To provide some historical perspective, I present the recent history of sitting members dumped at preselection who sought revenge at the ballot box. I do not doubt there are a number I have missed, particularly at state level, where the only one that immediately sprang to mind was Steven Pringle in Hawkesbury at the New South Wales election in March. Readers are encouraged to note any such omissions in comments and I will rectify them in due course.

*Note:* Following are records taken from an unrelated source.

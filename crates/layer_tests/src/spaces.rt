// `page_table`: address spaces by worked rows, over any implementation.
ghost use Rattle.std.specs.Prelude.{◌≡◌, []};

use page_table::{AddressSpace, MapFault, MapRight, PageTable};
use std::alloc::{AllocError, Global};
use std::marker::Model;
use xm_num::{Access, Frame, Vpn};

// The last page of a space, and the number after it.
const LAST: u32 = 16_777_215;

const END: u32 = 16_777_216;

// A space, and the right that is out, where there is one. Neither can be let go.
struct Held<S: AddressSpace> {
    space: S,
    right: Option<MapRight>,
}

impl<S: AddressSpace> Model for Held<S> {
    ghost use Rattle.std.specs.Prelude.{◌≡◌, ℕ, List};
    ghost use Rattle.layer_tests.specs.Rights.{out_of};

    ghost Value = { List (ℕ × ℕ) };

    ghost view = { λ held. S.out held.space };

    ghost invariant = { λ held. S.out held.space ≡ out_of held.right };
}

#[derive(Drop)]
enum Step {
    // Maps own pages from a page on, to these frames or to so many.
    Own(u32, &'static [Frame], Result<(), MapFault>),
    OwnMany(u32, usize),
    // Unmaps so many own pages from a page on.
    Disown(u32, u32),
    // Maps attached pages while no right is out, and unmaps those of the right that is out.
    Map(u32, &'static [Frame], Access, Result<(), MapFault>),
    Unmap,
    // The range of the right that is out.
    Right(u32, u32),
    Walk(u32, Option<(Frame, Access)>),
    Owned(u32, Option<Frame>),
    FirstGap(u32, Option<Vpn>),
    NextMapped(u32, Option<Vpn>),
    // What a fault is printed as.
    Printed(MapFault, &'static str),
}

fn answers<S: AddressSpace>(alloc: Global, held: Held<S>, step: &Step) -> (Held<S>, bool) {
    let Held { mut space, right } = held;
    match (step, right) {
        (Step::Map(at, frames, access, want), None) => maps(space, *at, frames, *access, *want),
        (Step::Unmap, Some(right)) => {
            space.unmap(right);
            (Held { space, right: None }, true)
        }
        (step, right) => {
            let mut held = Held { space, right };
            let answered = keeps(alloc, &mut held, step);
            (held, answered)
        }
    }
}

// Maps attached pages where no right is out.
#[tactic(auto, unfolding(xm_num::specs::Rows::put))]
fn maps<S: AddressSpace>(
    mut space: S,
    at: u32,
    frames: &[Frame],
    access: Access,
    want: Result<(), MapFault>,
) -> (Held<S>, bool)
    requires { S.out space ≡ [] }
{
    if at < 1 || at > LAST || frames.is_empty() || frames.len() > (END - at) as usize {
        return (Held { space, right: None }, false);
    }
    match space.map(Vpn(at), frames, access) {
        Ok(right) => (
            Held {
                space,
                right: Some(right),
            },
            want == Ok(()),
        ),
        Err(fault) => (Held { space, right: None }, want == Err(fault)),
    }
}

// The steps that leave the rights as they are.
fn keeps<S: AddressSpace>(alloc: Global, held: &mut Held<S>, step: &Step) -> bool {
    match step {
        Step::Own(at, frames, want) => owns(held, *at, frames, *want),
        Step::OwnMany(at, count) => owns_many(alloc, held, *at, *count),
        Step::Disown(at, count) => disowns(held, *at, *count),
        Step::Right(first, pages) => has_right(held, *first, *pages),
        Step::Walk(page, want) => held.space.walk(Vpn(*page)) == *want,
        Step::Owned(page, want) => held.space.owned(Vpn(*page)) == *want,
        Step::FirstGap(count, want) => *count >= 1 && held.space.first_gap(*count) == *want,
        Step::NextMapped(from, want) => held.space.next_mapped(Vpn(*from)) == *want,
        Step::Printed(fault, want) => prints(alloc, *fault, want),
        Step::Map(_, _, _, _) | Step::Unmap => false,
    }
}

fn owns<S: AddressSpace>(
    held: &mut Held<S>,
    at: u32,
    frames: &[Frame],
    want: Result<(), MapFault>,
) -> bool {
    if at < 1 || at > LAST || frames.len() > (END - at) as usize {
        return false;
    }
    held.space.own(Vpn(at), frames) == want
}

fn owns_many<S: AddressSpace>(alloc: Global, held: &mut Held<S>, at: u32, count: usize) -> bool {
    match vec![in alloc; Frame(0); count] {
        Ok(frames) => owns(held, at, &frames, Ok(())),
        Err(_) => false,
    }
}

// Unmaps pages where all are own pages.
fn disowns<S: AddressSpace>(held: &mut Held<S>, at: u32, count: u32) -> bool {
    if at > LAST || count > LAST {
        return false;
    }
    for page in at..at + count {
        if held.space.owned(Vpn(page)).is_none() {
            return false;
        }
    }
    held.space.disown(Vpn(at), count);
    true
}

fn has_right<S: AddressSpace>(held: &Held<S>, first: u32, pages: u32) -> bool {
    match &held.right {
        Some(right) => right.first() == Vpn(first) && right.pages() == pages,
        None => false,
    }
}

fn prints(alloc: Global, fault: MapFault, want: &str) -> bool {
    match format!(in alloc; "{fault}") {
        Ok(text) => text.as_str() == want,
        Err(_) => false,
    }
}

// Ends the space, whose right may be out.
fn end<S: AddressSpace>(held: Held<S>) {
    let Held { mut space, right } = held;
    match right {
        None => space.close(),
        Some(last) => {
            space.unmap(last);
            space.close();
        }
    }
}

// The row that answers something else than wanted, where there is one.
fn first_wrong<S: AddressSpace>(
    alloc: Global,
    steps: &[Step],
) -> Result<Option<usize>, AllocError> {
    let mut held = Held {
        space: S::new(alloc)?,
        right: None,
    };
    for (row, step) in steps.iter().enumerate() {
        let (next, answered) = answers(alloc, held, step);
        held = next;
        if !answered {
            end(held);
            return Ok(Some(row));
        }
    }
    end(held);
    Ok(None)
}

// An own page is in the way of a range, and a range is mapped and unmapped.
const RANGES: &[Step] = &[
    Step::Own(16, &[Frame(5)], Ok(())),
    Step::Map(
        15,
        &[Frame(7), Frame(8)],
        Access::ReadOnly,
        Err(MapFault::Taken(Vpn(16))),
    ),
    Step::Map(17, &[Frame(7), Frame(8)], Access::ReadOnly, Ok(())),
    Step::Right(17, 2),
    Step::Walk(18, Some((Frame(8), Access::ReadOnly))),
    Step::Walk(16, Some((Frame(5), Access::ReadWrite))),
    Step::FirstGap(15, Some(Vpn(1))),
    Step::FirstGap(16, Some(Vpn(19))),
    Step::Unmap,
    Step::Walk(18, None),
    Step::Walk(16, Some((Frame(5), Access::ReadWrite))),
];

// Own pages and attached ones are told apart, and each is found.
const APART: &[Step] = &[
    Step::NextMapped(0, None),
    Step::Own(2, &[Frame(3), Frame(4), Frame(3)], Ok(())),
    Step::Map(5, &[Frame(3)], Access::ReadWrite, Ok(())),
    Step::Owned(3, Some(Frame(4))),
    Step::Owned(4, Some(Frame(3))),
    Step::Owned(5, None),
    Step::Owned(6, None),
    Step::Walk(5, Some((Frame(3), Access::ReadWrite))),
    Step::Own(
        1,
        &[Frame(3), Frame(4), Frame(3)],
        Err(MapFault::Taken(Vpn(2))),
    ),
    Step::Own(
        5,
        &[Frame(3), Frame(4), Frame(3)],
        Err(MapFault::Taken(Vpn(5))),
    ),
    Step::Own(5, &[], Ok(())),
    Step::Walk(1, None),
    Step::NextMapped(0, Some(Vpn(2))),
    Step::NextMapped(2, Some(Vpn(2))),
    Step::NextMapped(3, Some(Vpn(3))),
    Step::NextMapped(5, Some(Vpn(5))),
    Step::NextMapped(6, None),
    Step::NextMapped(4294967295, None),
    Step::Disown(2, 2),
    Step::Walk(3, None),
    Step::Owned(4, Some(Frame(3))),
    Step::NextMapped(1, Some(Vpn(4))),
    Step::Unmap,
    Step::NextMapped(5, None),
];

// Gaps among many pages, and at the end of the space.
const GAPS: &[Step] = &[
    Step::FirstGap(16_777_215, Some(Vpn(1))),
    Step::FirstGap(16_777_216, None),
    Step::OwnMany(1, 63),
    Step::OwnMany(65, 4096),
    Step::FirstGap(1, Some(Vpn(64))),
    Step::FirstGap(2, Some(Vpn(4161))),
    Step::FirstGap(16_773_055, Some(Vpn(4161))),
    Step::OwnMany(16_777_215, 1),
    Step::FirstGap(16_773_055, None),
    Step::FirstGap(16_773_054, Some(Vpn(4161))),
    Step::FirstGap(4294967295, None),
    Step::NextMapped(4161, Some(Vpn(16_777_215))),
];

// Holes of one page among wider ranges: each gap is the lowest again after something else was mapped and unmapped.
const HOLES: &[Step] = &[
    Step::OwnMany(1, 9),
    Step::Map(10, &[Frame(7), Frame(8)], Access::ReadOnly, Ok(())),
    Step::FirstGap(1, Some(Vpn(12))),
    Step::FirstGap(2, Some(Vpn(12))),
    Step::Unmap,
    Step::FirstGap(2, Some(Vpn(10))),
    Step::Disown(3, 1),
    Step::Disown(5, 1),
    Step::FirstGap(1, Some(Vpn(3))),
    Step::FirstGap(2, Some(Vpn(10))),
    Step::Map(10, &[Frame(7), Frame(8)], Access::ReadOnly, Ok(())),
    Step::FirstGap(1, Some(Vpn(3))),
    Step::FirstGap(2, Some(Vpn(12))),
    Step::Unmap,
    Step::Map(3, &[Frame(7)], Access::ReadWrite, Ok(())),
    Step::FirstGap(1, Some(Vpn(5))),
    Step::FirstGap(2, Some(Vpn(10))),
    Step::Disown(4, 1),
    Step::FirstGap(1, Some(Vpn(4))),
    Step::FirstGap(2, Some(Vpn(4))),
    Step::FirstGap(3, Some(Vpn(10))),
    Step::Unmap,
    Step::FirstGap(3, Some(Vpn(3))),
    Step::Map(4, &[Frame(7), Frame(8)], Access::ReadOnly, Ok(())),
    Step::FirstGap(1, Some(Vpn(3))),
    Step::FirstGap(2, Some(Vpn(10))),
    Step::Own(3, &[Frame(5)], Ok(())),
    Step::FirstGap(1, Some(Vpn(10))),
    Step::Disown(1, 3),
    Step::FirstGap(3, Some(Vpn(1))),
    Step::FirstGap(4, Some(Vpn(10))),
    Step::FirstGap(16_777_206, Some(Vpn(10))),
    Step::FirstGap(16_777_207, None),
    Step::Unmap,
    Step::FirstGap(5, Some(Vpn(1))),
];

// The last range that the space has room for, and the same room found again.
const FULL: &[Step] = &[
    Step::OwnMany(1, 2),
    Step::OwnMany(16_777_213, 2),
    Step::Map(16_777_215, &[Frame(7)], Access::ReadOnly, Ok(())),
    Step::FirstGap(1, Some(Vpn(3))),
    Step::FirstGap(16_777_210, Some(Vpn(3))),
    Step::FirstGap(16_777_211, None),
    Step::Unmap,
    Step::FirstGap(1, Some(Vpn(3))),
    Step::Disown(16_777_213, 2),
    Step::FirstGap(16_777_213, Some(Vpn(3))),
    Step::FirstGap(16_777_214, None),
    Step::Disown(1, 2),
    Step::FirstGap(16_777_215, Some(Vpn(1))),
];

// What is printed of a fault.
const PRINTED: &[Step] = &[
    Step::Printed(MapFault::Taken(Vpn(16)), "page 16 is mapped already"),
    Step::Printed(MapFault::Memory, "out of memory"),
];

#[test]
fn pages_of_a_page_table(rt: HostRuntime) -> Result<(), AllocError> {
    let tables = [
        ("ranges", RANGES),
        ("apart", APART),
        ("gaps", GAPS),
        ("holes", HOLES),
        ("full", FULL),
        ("printed", PRINTED),
    ];
    for (name, steps) in tables {
        let row = first_wrong::<PageTable>(rt.alloc(), steps)?;
        assert_eq!(rt; row, None, "{name}");
    }
    Ok(())
}
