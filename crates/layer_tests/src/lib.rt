//! Tests of the layers below the node, over their public calls: for each layer tables of steps, and what each answers.
//!
//! One function without clauses carries out a step and says whether it answered as wanted. So the check knows nothing of
//! the steps before, and a further row costs next to nothing. A row fails too where memory was wanting.
#![tactic(auto)]

#[cfg(test)]
mod attached;
#[cfg(test)]
mod blocks;
#[cfg(test)]
mod channels;
#[cfg(test)]
mod edges;
#[cfg(test)]
mod guests;
#[cfg(test)]
mod holders;
#[cfg(test)]
mod names;
#[cfg(test)]
mod numbers;
#[cfg(test)]
mod pairs;
#[cfg(test)]
mod permits;
#[cfg(test)]
mod records;
#[cfg(test)]
mod spaces;
#[cfg(test)]
mod ways;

Moore and Curtin (Federal 2006): The only examples on this list where the independents actually won the day were these two Perth seats at the 1996 election, in which sitting members Paul Filing and Allan Rocher respectively lost preselection to Paul Stevenage and Ken Court (brother of then-Premier Richard Court). These results were widely blamed on the machinations of controversial Liberal warlord Noel Crichton-Browne, although the reality was more complicated. The important thing was that they incurred the displeasure of John Howard. This led to the Liberal candidates’ campaigns being starved of resources, and an apparently accurate perception emerging that the independents retained the imprimatur of the party leader. In blue-ribbon Curtin, Rocher easily outpolled Labor 29.4 per cent to 19.8 per cent, proceeding to an easy victory over Court (39.2 per cent) on Labor preferences. Paul Filing won even more resoundingly in Moore, leading the primary vote with 34.1 per cent to Labor’s 28.4 per cent and the Liberals’ 27.3 per cent. The 1998 election saw both members defeated by less contentious Liberal candidates.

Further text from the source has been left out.